The UK was near the bottom of a close pack of moderately successful teams. There was a clear break between the 30th team (Singapore) on 112, and the 31st team (Argentina) on 96. There were 17 countries in the narrow range 112 through to 135 inclusive.
The monotonic decline in UK scores and ranking since 1996 has been halted and reversed. Our medals in 2002 were all strong, towards the top of the range. Four of the team are available for selection in 2003: Nathan Bowler, Jenny Gardner, Gavin Johnstone and Paul Jefferys will all still be in secondary education next year. Of course the team selection is not yet made, and these people must compete with other students who may emerge as leading young mathematicians before IMO 2003 in Tokyo. We are all determined to make the team of 2003 a serious force.
There were very many people involved in training the UK team this year, and I thank them all. The performance of the students on the relatively easy questions is the reward for all that effort. Christopher Bradley and Adrian Sanders deserve special acknowledgement for their protracted involvement. Christopher provided us with a thick wad of geometry questions before he went into purdah as a member of the problems group. During training the squad always relished the chance to work on these.

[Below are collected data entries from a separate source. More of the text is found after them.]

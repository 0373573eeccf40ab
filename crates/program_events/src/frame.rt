//! The output for one frame.

ghost use Rattle.std.specs.Prelude.{◌≡◌, Option, None, Some, string_bytes, IfOk};
ghost use Rattle.atproto_events.specs.Verifying.{IsVerifiedEvent};
ghost use Rattle.atproto_events.specs.declared.verify.Known.{Known};
ghost use Rattle.program_events.specs.Lines.{commit_lines, sync_line};
ghost use Rattle.program_events.specs.Seen.{see, seen_in};
ghost use Rattle.program_events.specs.Frames.{IsSaidAlone, IsToldAt};
ghost use Rattle.program_events.specs.Frames.{IsCommitSaid, IsReadSaid, IsFrameSaid};

use crate::causes::{refused_line, unread_line};
use crate::lines::{account_line, commit_lines, two_words_line, word_line};
use crate::seen::{Last, forget, keep, known_of};
use atproto_events::{
    CommitFrame, Frame, FrameParts, SyncFrame, Verified, read_parts, verify_event,
};
use program_parts::Answer;
use program_records::told_alone;
use std::alloc::{AllocError, Global};
use std::collections::BTreeMap;

/// The number of a frame, and the offset of its first byte.
#[derive(Clone, Copy)]
pub struct Place {
    pub number: usize,
    pub byte: usize,
}

/// Returns these lines as output, without an error message.
fn said_alone(alloc: Global, lines: Vec<u8>) -> Answer
    ensures { IsSaidAlone lines.items result.0.1 result.0.0.items result.1.items }
{
    ((lines, true), Vec::new(alloc))
}

/// Returns this line as the error message for the frame at this place, without output.
pub(crate) fn told_at(alloc: Global, at: Place, line: &[u8]) -> Result<Answer, AllocError>
    ensures { IfOk result
        (λ p. IsToldAt at.number at.byte line.now p.0.1 p.0.0.items p.1.items) }
{
    let place = format!(in alloc; "frame {} at byte {}: ", at.number, at.byte)?;
    let mut told = Vec::new(alloc);
    told.extend_from_slice(place.as_bytes())?;
    told.extend_from_slice(line)?;
    Ok(told_alone(alloc, told))
}

/// Returns the output for a verified commit.
fn verified_said(
    alloc: Global,
    frame: &CommitFrame<'_>,
    verified: Verified,
    seen: &mut BTreeMap<String, Last>,
) -> Result<Answer, AllocError>
    ensures { (known : Option Known) → IsVerifiedEvent frame.now known verified
        → IfOk result (λ p. (seen_in seen.new
        ≡ see (seen_in seen.old) (string_bytes frame.now.event.repo)
        (Some (verified.commit.data, string_bytes frame.now.event.rev)))
        × IsSaidAlone (commit_lines frame.now.event) p.0.1 p.0.0.items p.1.items) }
{
    let lines = commit_lines(alloc, &frame.event, &verified.changes)?;
    keep(seen, verified.commit)?;
    Ok(said_alone(alloc, lines))
}

/// Returns the answer for a commit: its lines, or why it is not verified.
fn commit_said(
    alloc: Global,
    at: Place,
    frame: &CommitFrame<'_>,
    seen: &mut BTreeMap<String, Last>,
) -> Result<Answer, AllocError>
    ensures { IfOk result (λ p. IsCommitSaid at.number at.byte (seen_in seen.old) frame.now
        (seen_in seen.new) p.0.1 p.0.0.items p.1.items) }
{
    let known = known_of(seen, frame.event.repo.as_str());
    match verify_event(alloc, frame, &known) {
        Ok(verified) => verified_said(alloc, frame, verified, seen),
        Err(error) => {
            let line = refused_line(alloc, &frame.event.commit, &error)?;
            told_at(alloc, at, &line)
        }
    }
}

/// Returns the output for a sync, and forgets what was known of its repository.
fn sync_said(
    alloc: Global,
    frame: &SyncFrame<'_>,
    seen: &mut BTreeMap<String, Last>,
) -> Result<Answer, AllocError>
    ensures { IfOk result (λ p. (seen_in seen.new
        ≡ see (seen_in seen.old) (string_bytes frame.now.event.did) None)
        × IsSaidAlone (sync_line frame.now.event) p.0.1 p.0.0.items p.1.items) }
{
    let line = two_words_line(
        alloc,
        b"sync",
        frame.event.did.as_str(),
        frame.event.rev.as_str(),
    )?;
    forget(seen, frame.event.did.as_str());
    Ok(said_alone(alloc, line))
}

/// Returns the answer for a frame that is read.
fn read_said(
    alloc: Global,
    at: Place,
    frame: &Frame<'_>,
    seen: &mut BTreeMap<String, Last>,
) -> Result<Answer, AllocError>
    ensures { IfOk result (λ p. IsReadSaid at.number at.byte (seen_in seen.old) frame.now
        (seen_in seen.new) p.0.1 p.0.0.items p.1.items) }
{
    match frame {
        Frame::Commit(frame) => commit_said(alloc, at, frame, seen),
        Frame::Sync(frame) => sync_said(alloc, frame, seen),
        Frame::Identity(event) => {
            let line = word_line(alloc, b"identity", event.did.as_str())?;
            Ok(said_alone(alloc, line))
        }
        Frame::Account(event) => {
            let line = account_line(alloc, event)?;
            Ok(said_alone(alloc, line))
        }
        Frame::Info(event) => {
            let line = word_line(alloc, b"info", event.name.as_str())?;
            Ok(said_alone(alloc, line))
        }
        Frame::Error(event) => {
            let line = word_line(alloc, b"the host ends the stream:", event.error.as_str())?;
            told_at(alloc, at, &line)
        }
        Frame::Other(name) => {
            let line = word_line(alloc, b"a kind that is not known:", name.as_str())?;
            told_at(alloc, at, &line)
        }
    }
}

/// Returns the answer for the frame of these two items, or why they are not a frame.
pub(crate) fn frame_said(
    alloc: Global,
    at: Place,
    parts: &FrameParts<'_>,
    seen: &mut BTreeMap<String, Last>,
) -> Result<Answer, AllocError>
    ensures { IfOk result (λ p. IsFrameSaid at.number at.byte (seen_in seen.old)
        parts.now.header.now parts.now.body.now (seen_in seen.new)
        p.0.1 p.0.0.items p.1.items) }
{
    match read_parts(alloc, parts) {
        Ok(frame) => read_said(alloc, at, &frame, seen),
        Err(error) => {
            let line = unread_line(alloc, &error)?;
            told_at(alloc, at, &line)
        }
    }
}
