//! The output lines of frames.

ghost use Rattle.std.specs.Prelude.{◌≡◌, ◌++◌, option_map, string_bytes, IfOk, OnOk};
ghost use Rattle.std.specs.List.{flat_map};
ghost use Rattle.program_parts.specs.Lines.{line};
ghost use Rattle.atproto_mst.specs.Changes.{change_of, changes};
ghost use Rattle.program_events.specs.Lines.{text_word, word_line, two_words_line};
ghost use Rattle.program_events.specs.Lines.{operation_word, operation_line, commit_line};
ghost use Rattle.program_events.specs.Lines.{activity_word, status_word, account_line};

use atproto_events::{AccountEvent, Change, CommitEvent};
use program_records::{push_key, push_name};
use std::alloc::{AllocError, Global};

/// Appends a space and the text, as one more word of a line.
fn push_word(text: &str, out: &mut Vec<u8>) -> Result<(), AllocError>
    ensures { OnOk result (out.new.items ≡ out.old.items ++ text_word text.now) }
{
    out.extend_from_slice(b" ")?;
    push_key(text.as_bytes(), out)
}

/// Returns the line of a word and a text.
pub(crate) fn word_line(alloc: Global, word: &[u8], text: &str) -> Result<Vec<u8>, AllocError>
    ensures { IfOk result (λ v. v.items ≡ word_line word.now text.now) }
{
    let mut out = word.to_vec(alloc)?;
    push_word(text, &mut out)?;
    out.extend_from_slice(b"\n")?;
    Ok(out)
}

/// Returns the line of a word and two texts.
pub(crate) fn two_words_line(
    alloc: Global,
    word: &[u8],
    first: &str,
    second: &str,
) -> Result<Vec<u8>, AllocError>
    ensures { IfOk result (λ v. v.items ≡ two_words_line word.now first.now second.now) }
{
    let mut out = word.to_vec(alloc)?;
    push_word(first, &mut out)?;
    push_word(second, &mut out)?;
    out.extend_from_slice(b"\n")?;
    Ok(out)
}

/// Returns the word for what was done to the record.
fn operation_word(change: &Change) -> &'static [u8]
    ensures { result.now ≡ operation_word change.now.old change.now.new }
{
    if change.old.is_none() {
        b"created "
    } else if change.new.is_none() {
        b"deleted "
    } else {
        b"updated "
    }
}

/// Appends the line of an operation.
fn push_operation(change: &Change, out: &mut Vec<u8>) -> Result<(), AllocError>
    ensures { OnOk result (out.new.items ≡ out.old.items ++ operation_line (change_of change.now)) }
{
    out.extend_from_slice(operation_word(change))?;
    push_key(&change.key, out)?;
    push_name(&change.old, out)?;
    push_name(&change.new, out)?;
    out.extend_from_slice(b"\n")
}

/// Returns the line of a commit, and a line for each of its changes.
pub(crate) fn commit_lines(
    alloc: Global,
    event: &CommitEvent,
    done: &[Change],
) -> Result<Vec<u8>, AllocError>
    ensures { IfOk result (λ v. v.items
        ≡ commit_line event.now ++ flat_map operation_line (changes done.now)) }
{
    let mut lines = two_words_line(alloc, b"commit", event.repo.as_str(), event.rev.as_str())?;
    for change in done {
        push_operation(change, &mut lines)?;
    }
    Ok(lines)
}

/// Returns the word for whether an account is active.
fn activity_word(active: bool) -> &'static [u8]
    ensures { result.now ≡ activity_word active }
{
    if active { b" active" } else { b" inactive" }
}

/// Appends the status of an account, if there is one.
fn push_status(status: &Option<String>, out: &mut Vec<u8>) -> Result<(), AllocError>
    ensures { OnOk result (out.new.items
        ≡ out.old.items ++ status_word (option_map string_bytes status.now)) }
{
    match status {
        Some(status) => push_word(status.as_str(), out),
        None => Ok(()),
    }
}

/// Returns the line of an account.
pub(crate) fn account_line(alloc: Global, event: &AccountEvent) -> Result<Vec<u8>, AllocError>
    ensures { IfOk result (λ v. v.items ≡ account_line event.now) }
{
    let mut out = b"account".to_vec(alloc)?;
    push_word(event.did.as_str(), &mut out)?;
    out.extend_from_slice(activity_word(event.active))?;
    push_status(&event.status, &mut out)?;
    out.extend_from_slice(b"\n")?;
    Ok(out)
}
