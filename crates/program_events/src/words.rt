//! The arguments of `event`.

ghost use Rattle.std.specs.Prelude.{◌≡◌, ◌≢◌, codes, map, string_bytes, option_map, MatchOption, Option, List, ℕ};
ghost use Rattle.program_events.specs.Words.{IsEvent};

/// The file whose frames are asked for, `None` for standard input.
#[derive(Clone, Copy)]
pub struct EventWords<'a> {
    pub file: Option<&'a str>,
}

/// Returns the arguments if the first is `event`, with this file.
fn following<'a>(word: &str, file: Option<&'a str>) -> Option<EventWords<'a>>
    ensures { MatchOption result (word.now ≢ codes "event")
        (λ p. (word.now ≡ codes "event") × (p.file ≡ file.entry)) }
{
    if word != "event" {
        return None;
    }
    Some(EventWords { file })
}

/// Parses the arguments `event [FILE]`. They are not a command of `program_dagcar`: see
/// `laws::event_is_no_command`.
pub fn event_of(args: &[String]) -> Option<EventWords<'_>>
    ensures { MatchOption result
        ((file : Option (List ℕ)) → ¬ IsEvent (map string_bytes args.now) file)
        (λ p. IsEvent (map string_bytes args.now) (option_map (λ s. s.now) p.file)) }
{
    match args {
        [word] => following(word.as_str(), None),
        [word, file] => following(word.as_str(), Some(file.as_str())),
        _ => None,
    }
}
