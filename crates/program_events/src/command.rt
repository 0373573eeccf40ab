//! `event`: a line for each frame of a stream, in order.

ghost use Rattle.std.specs.Prelude.{◌≡◌, ◌≢◌, IfSome, Result, Bool, Option, List, ℕ};
ghost use Rattle.program_parts.specs.Lines.{SaysBoth};
ghost use Rattle.program_dagcar.specs.Answers.{EndsSo};
ghost use Rattle.program_shared.specs.declared.fault.ToolError.{ToolError};
ghost use Rattle.program_events.specs.Streams.{AreEventsSaid};

use crate::stream::events_said;
use program_dagcar::{Answering, say_answer, status_of};
use program_parts::Answer;
use program_shared::ToolError;
use std::alloc::Global;
use std::io::{BufRead, Write};

/// Answers an input of frames.
#[derive(Clone, Copy)]
struct Telling;

impl Answering for Telling {
    ghost is_said = { AreEventsSaid };

    fn answer(alloc: Global, bytes: &[u8]) -> Result<Answer, ToolError> {
        Ok(events_said(alloc, bytes)?)
    }
}

/// Writes what the frames of the input say, in order, and returns the exit status. The input is
/// read whole, and the output is complete in memory before any of it is written.
pub fn run_events<R: BufRead, W: Write, V: Write>(
    alloc: Global,
    input: &mut R,
    output: &mut W,
    errors: &mut V,
) -> u8
    ensures { IfSome (R.remaining input.old) (λ b. (ended : Result Bool ToolError)
        × (after : Option (List ℕ)) × EndsSo ended result
        × SaysBoth (AreEventsSaid b) (W.contents output.old) (V.contents errors.old) ended
        (W.contents output.new) after × (result ≢ 2 → V.contents errors.new ≡ after)) }
{
    let ended = say_answer::<Telling, R, W, V>(alloc, input, output, errors);
    status_of(ended, errors)
}
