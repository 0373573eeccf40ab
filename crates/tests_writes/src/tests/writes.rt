//! Written values of the library's types.

use dagcbor_write::Serialize;
use ipld_tree::{ByteSlice, Bytes, Cid, Ipld};
use std::alloc::{AllocError, Global};
use std::collections::{BTreeMap, HashMap};
use std::test::Fail;
use tests_shared::{is_unwritten, writes};

/// Numbers of each width, four by four.
const NUMBERS: &[u8] =
    b"\x84\x84\x17\x19\xff\xff\x1a\x00\x01\x00\x00\x1b\xff\xff\xff\xff\xff\xff\xff\xff\x84\x1a\x00\xbc\x61\x4e\x00\x18\x18\x39\x01\x2b\x84\x3a\x01\x67\x9e\x7c\x3b\x7f\xff\xff\xff\xff\xff\xff\xff\x39\x01\x00\x3b\xff\xff\xff\xff\xff\xff\xff\xff\x84\x1a\x05\xe2\xbe\x12\x39\x07\xde\x3b\xa5\xf7\x02\xb3\xa5\xf7\x02\xb3\x20";

/// Leaves, texts and bytes, references and optional values, and lists.
const OTHERS: &[u8] =
    b"\x84\x84\xf5\xf6\x61\x00\x64\xf0\x9f\x92\x94\x84\x66foobar\x62\xc3\xa9\x42\xaf\xfe\x46foobar\x84\x07\x07\xf6\x18\x2a\x84\x83\x01\x02\x03\x83\x01\x02\x03\x82\x81\x01\x82\x01\x61a\x83\x01\x20\xf4";

#[test]
fn values_are_written(rt: HostRuntime) -> Result<(), Fail> {
    let alloc = rt.alloc();
    let numbers = (
        (23u8, 65_535u16, 65_536u32, u64::MAX),
        (12_345_678usize, 0u128, 24i8, -300i16),
        (-23_567_997i32, i64::MIN, -257isize, -(1i128 << 64)),
        (
            98_745_874i32,
            -2015i32,
            -11_959_030_306_112_471_732i128,
            -1i8,
        ),
    );
    writes(alloc, &numbers, NUMBERS)?;
    let octets = byte_string(alloc, b"foobar")?;
    let items: &[i32] = &[1, 2, 3];
    let others = (
        (true, (), '\0', '\u{1f494}'),
        ("foobar", text(alloc, "é")?, ByteSlice(b"\xaf\xfe"), octets),
        (&7u8, Box::new(alloc, 7u8)?, None::<u8>, Some(42u8)),
        (
            items,
            Vec::from_slice(alloc, items)?,
            ((1u8,), (1u8, "a")),
            (1u8, -1i8, false),
        ),
    );
    writes(alloc, &others, OTHERS)
}

fn text(alloc: Global, s: &str) -> Result<String, AllocError> {
    String::from_str(alloc, s)
}

fn byte_string(alloc: Global, bytes: &[u8]) -> Result<Bytes, AllocError> {
    Ok(Bytes(Vec::from_slice(alloc, bytes)?))
}

/// Returns the map from "b" to 1 and from "aa" to 2, whichever is inserted first.
fn hashed(alloc: Global, keys: [&str; 2]) -> Result<HashMap<String, u8>, AllocError> {
    let mut map = HashMap::new(alloc);
    for key in keys {
        drop(map.insert(text(alloc, key)?, if key == "b" { 1 } else { 2 })?);
    }
    Ok(map)
}

/// Returns the map from this key to zero.
fn under_key<K: Ord + Drop>(alloc: Global, key: K) -> Result<BTreeMap<K, u8>, AllocError> {
    let mut map = BTreeMap::new(alloc);
    drop(map.insert(key, 0u8)?);
    Ok(map)
}

#[test]
fn maps_are_written_in_key_order(rt: HostRuntime) -> Result<(), Fail> {
    let alloc = rt.alloc();
    let spelling = b"\xa2\x61b\x01\x62aa\x02";
    writes(alloc, &under_key(alloc, 'c')?, b"\xa1\x61\x63\x00")?;
    writes(alloc, &hashed(alloc, ["b", "aa"])?, spelling)?;
    writes(alloc, &hashed(alloc, ["aa", "b"])?, spelling)
}

/// Fails if a key is accepted as a text.
fn is_no_text<K: Serialize + Ord + Drop>(alloc: Global, key: K) -> Result<(), Fail> {
    is_unwritten(
        alloc,
        &under_key(alloc, key)?,
        r#"Err(Msg("Map keys must be strings"))"#,
    )
}

#[test]
fn keys_are_texts(rt: HostRuntime) -> Result<(), Fail> {
    let alloc = rt.alloc();
    is_no_text(alloc, 1u8)?;
    is_no_text(alloc, -1i8)?;
    is_no_text(alloc, byte_string(alloc, b"a")?)?;
    is_no_text(alloc, Vec::<u8>::new(alloc))?;
    is_no_text(alloc, true)?;
    is_no_text(alloc, ())?;
    is_no_text(alloc, None::<u8>)?;
    is_no_text(alloc, Cid::new_v0([0; 32]))
}

/// Returns the map from 'a' to a number that cannot be encoded.
fn large_value(alloc: Global) -> Result<BTreeMap<char, i128>, AllocError> {
    let mut map = BTreeMap::new(alloc);
    drop(map.insert('a', i128::MAX)?);
    Ok(map)
}

#[test]
fn values_without_a_spelling(rt: HostRuntime) -> Result<(), Fail> {
    let alloc = rt.alloc();
    let unsigned = r#"Err(Msg("Unsigned integer must be within [0, u64::MAX] range"))"#;
    is_unwritten(alloc, &18_446_744_073_709_551_616u128, unsigned)?;
    let signed = r#"Err(Msg("Integer must be within [-u64::MAX-1, u64::MAX] range"))"#;
    is_unwritten(alloc, &Ipld::Integer(18_446_744_073_709_551_616), signed)?;
    is_unwritten(alloc, &Ipld::Integer(-18_446_744_073_709_551_617), signed)?;
    let key = r#"Err(Msg("Map key cannot be serialized."))"#;
    is_unwritten(alloc, &under_key(alloc, i128::MAX)?, key)?;
    let value = r#"Err(Msg("Struct value cannot be serialized."))"#;
    is_unwritten(alloc, &large_value(alloc)?, value)
}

Gavin and Nathan missed out in Glasgow, but have another chance in Tokyo. Each of them is a very talented mathematician, and stands a good chance of making the team in 2003. We knew from taking so many practice examinations that occasionally even very good students can have a bad exam at IMO level. All the students worked extremely hard, and the atmosphere in the team was excellent. I am sure that I speak for Richard and all the other trainers when I say that it was a pleasure to work with all the students who formed part of the UK squad throughout the year. This includes those students who dipped in and out of the squad, all of whom made important contributions both mathematically and in terms of morale. The achievements of the UK team in Glasgow must be shared among these wonderful young people. It would not be appropriate to list all their names, but I will single out Erica Thompson from Scotland. She was trimmed from our squad after the FST at Cambridge. She filled the IMO sized gap in her life by getting selected to represent the UK at both Biology and Physics. She secured a gold medal at the IBO (coming 5th in the world) in Latvia and a bronze medal at the IPhO in Bali. In Glasgow the IMO team were following her progress by text messages from Indonesia (“now we are going to see a volcano”).
Hannah Burton was a member of the UK IMO team in Washington. Every team at an IMO gets issued with a guide. Hannah took on that role in Glasgow, and looked after us very well. The social programme included excursions for the students, a trip on the Paddle Steamer Waverley on the Clyde estuary. On the last evening there was a party in a Glasgow night club (the Arches) which boasted a bucking bronco machine, a trampoline based game which involved hurling yourself upside down at a velcro wall wearing a sticky suit, and music played at volumes beyond the threshold of pain.
The IMO in Glasgow was a splendid event, and the new team uniform simplified dress issues at the ceremonies. The team met the Princess Royal in person, and each received a letter of support from the Prime Minister. Naturally the organization of such a large competition as the IMO places immense stress on the key organizers, but from the outside this was invisible. Angela Gould, Adam McBride, Peter Neumann and Robert Smart and their key advisers and assistants are to be congratulated on running such a marvellous event.